I use resets only when necessary and this not typical case for datapath, where usually you can afford unknown data after initialization for few cycles, until pipeline flushes it out.

I already tried fmax higher than necessary (350 vs 200 MHz) and encountered timing problems with wide adders. There cell delay was already 2 ns giving only 1 ns to routing.

@Rysc

By wide adder I mean 2-in adder with wide inputs, like >30 bits. The carry chain becomes very long. While Quartus/Stratix V does good job and single carry delay is quite short, it has to split chain into multiple LABs and then it can be longer, moreover there will be routing delay from e.g. DSP block.

Indeed, you can increase fmax by 2 FFs, but 2nd FF is not pure-pipeline type. In first cycle you add lower halves of inputs together and just delay msb halves. In second cycle carry from LSB adder is appended to LSB of MSB inputs and MSB halves are added. Also output is created by merging MSB and LSB adders results.

That way, you split long carry chain into two parts which helps timing.

According to Altera it is slightly less than twice as fast as an equivalent unpipelined adder.

See stx_cookbook.pdf (Alteraforums prevent me to paste link) (chapter "Pipelined Adder Chains")

LUTRAM sounds well suited for use with abundance of these registers. However when I use only read addr register, without output register then total utilization of ALMs is much lower than when used other way round.
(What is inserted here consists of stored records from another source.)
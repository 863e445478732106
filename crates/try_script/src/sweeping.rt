//! A row is run again for each call of an end, and that call fails.

use crate::row::{Row, Sweep};
use crate::running::{Given, run_row, shown, unmet};
use anyhow::Result;
use std::alloc::Global;

/// What the runs give, where it isn't what they have to give. The run without a fault gives what the row says, and
/// makes as many calls as the sweep says: a later one isn't there to fail. Where one of these fails, the status
/// tells so, and a front of the answers and one of the frames are written.
pub fn swept(alloc: Global, row: &Row, sweep: Sweep) -> Result<Option<String>> {
    let whole = run_row(alloc, row, row.ends)?;
    if let Some(found) = unmet(alloc, row, &whole)? {
        return Ok(Some(found));
    }
    for call in 1..=sweep.calls {
        if let Some(found) = failed(alloc, row, sweep, call, &whole)? {
            return Ok(Some(found));
        }
    }
    unfailed(alloc, row, sweep, &whole)
}

// What the run gives whose call with this number fails.
fn failed(
    alloc: Global,
    row: &Row,
    sweep: Sweep,
    call: u64,
    whole: &Given,
) -> Result<Option<String>> {
    let given = run_row(alloc, row, sweep.ends(row.ends, call))?;
    Ok(if given.status != sweep.status() {
        let status = given.status;
        Some(format!(in alloc; "call {call} fails: status {status}")?)
    } else if !whole.answers.starts_with(&given.answers) {
        Some(shown(alloc, "answers of a failed call", &given.answers)?)
    } else if !whole.frames.starts_with(&given.frames) {
        Some(shown(alloc, "frames of a failed call", &given.frames)?)
    } else {
        None
    })
}

// What the run gives in which the call fails that comes after all calls.
fn unfailed(alloc: Global, row: &Row, sweep: Sweep, whole: &Given) -> Result<Option<String>> {
    let call = sweep.calls.saturating_add(1);
    let given = run_row(alloc, row, sweep.ends(row.ends, call))?;
    Ok(if given.status != whole.status {
        let status = given.status;
        Some(format!(in alloc; "call {call} fails: status {status}")?)
    } else if given.answers != whole.answers {
        Some(shown(alloc, "answers of the last run", &given.answers)?)
    } else if given.frames != whole.frames {
        Some(shown(alloc, "frames of the last run", &given.frames)?)
    } else {
        None
    })
}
What do you saying mean read_addr was pused outside? Isn't it the case that no matter if you use read addr reg or out Q reg for LUTRAM it will make use of the very same 4 regs in ALM?
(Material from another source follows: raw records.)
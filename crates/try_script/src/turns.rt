//! Ends that show whether a run answers each line before it reads the next one, and one that keeps a sum alone.

ghost use Rattle.std.specs.Prelude.{None};

use gate_outside::{Failed, Sink, Source};
use std::cell::Cell;
use std::rc::Rc;

/// Gives the lines of a text, one a read. It counts the reads that came before the lines that were given
/// were answered, each by one line.
#[derive(Drop)]
pub struct LineSource {
    pub text: Vec<u8>,
    pub at: usize,
    pub given: u64,
    pub early: u64,
    pub answered: Rc<Cell<u64>>,
}

impl Source for LineSource {
    ghost left = { λ _. None };

    ghost faults = { λ _. 0 };

    fn read(&mut self, into: &mut [u8]) -> Result<usize, Failed> {
        if self.answered.get() < self.given {
            self.early = self.early.saturating_add(1);
        }
        let rest = self.text.get(self.at..).unwrap_or(&[]);
        let length = match rest.iter().position(|byte| *byte == b'\n') {
            Some(place) => place + 1,
            None => rest.len(),
        };
        let count = length.min(into.len());
        into[..count].copy_from_slice(&rest[..count]);
        self.at = self.at.saturating_add(count);
        if count > 0 {
            self.given = self.given.saturating_add(1);
        }
        Ok(count)
    }
}

/// Counts the lines that are written.
#[derive(Drop)]
pub struct LineSink {
    pub answered: Rc<Cell<u64>>,
}

impl Sink for LineSink {
    ghost written = { λ _. None };

    ghost faults = { λ _. 0 };

    fn write(&mut self, piece: &[u8]) -> Result<usize, Failed> {
        let lines = piece.iter().filter(|byte| **byte == b'\n').count() as u64;
        self.answered.set(self.answered.get().saturating_add(lines));
        Ok(piece.len())
    }

    fn finish(&mut self) {}
}

/// Keeps how many bytes are written, and a sum over them that other bytes hardly have.
#[derive(Clone, Copy, Debug, PartialEq, Eq)]
pub struct Tally {
    pub count: u64,
    pub sum: u64,
}

impl Sink for Tally {
    ghost written = { λ _. None };

    ghost faults = { λ _. 0 };

    fn write(&mut self, piece: &[u8]) -> Result<usize, Failed> {
        self.count = self.count.wrapping_add(piece.len() as u64);
        for byte in piece {
            self.sum = self.sum.wrapping_mul(0x100_0000_01b3) ^ u64::from(*byte);
        }
        Ok(piece.len())
    }

    fn finish(&mut self) {}
}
I agree that it is hard to use more than 2 regs per ALM. Altera claims that "(...) Previously, an ALUT was wasted when a pipeline register was used to retime a design. Second, this change allows for collocation of the pipeline register with the logic it is intended for.(...)" (See wp-01172-design-optimization.pdf, Tip 2).

However, I don't see this happening or just design approach for SV shall be somehow different than for older families. Another possibility is that Quartus is not yet intelligent enough to efficiently use these 4 registers.

Regards,

Michal

Altera_Forum · ‎11-23-2011

Pipelining in the middle will certainly improve performance with very little additional area(even if the register isn't packed, it's one register added to a 30+ bit adder). The big hit is the extra latency, but if that is all right in your design then it should be good.

Note that most designs don't have a lot of lone registers just sitting around. What I find is that synthesis does a good job of taking small amounts of logic feeding a register and rolling them into the control signals, such as the clock enable, sync clear and sync load. This takes a register that would have had a LUT in front of it and makes the LUT disappear. This is good, but quite often this register can't be packed as tight anymore. So it looks like there are a bunch of lone registers that can't be packed, and from a perception standpoint, that is bad.

As for the memory, I only tested LUTRAMs with registered outputs, so I'm not sure if the read address can be packed into the output registers. Note that the LUTRAM is a pretty well defined block, so I'm not sure if the registers can be used for just any function.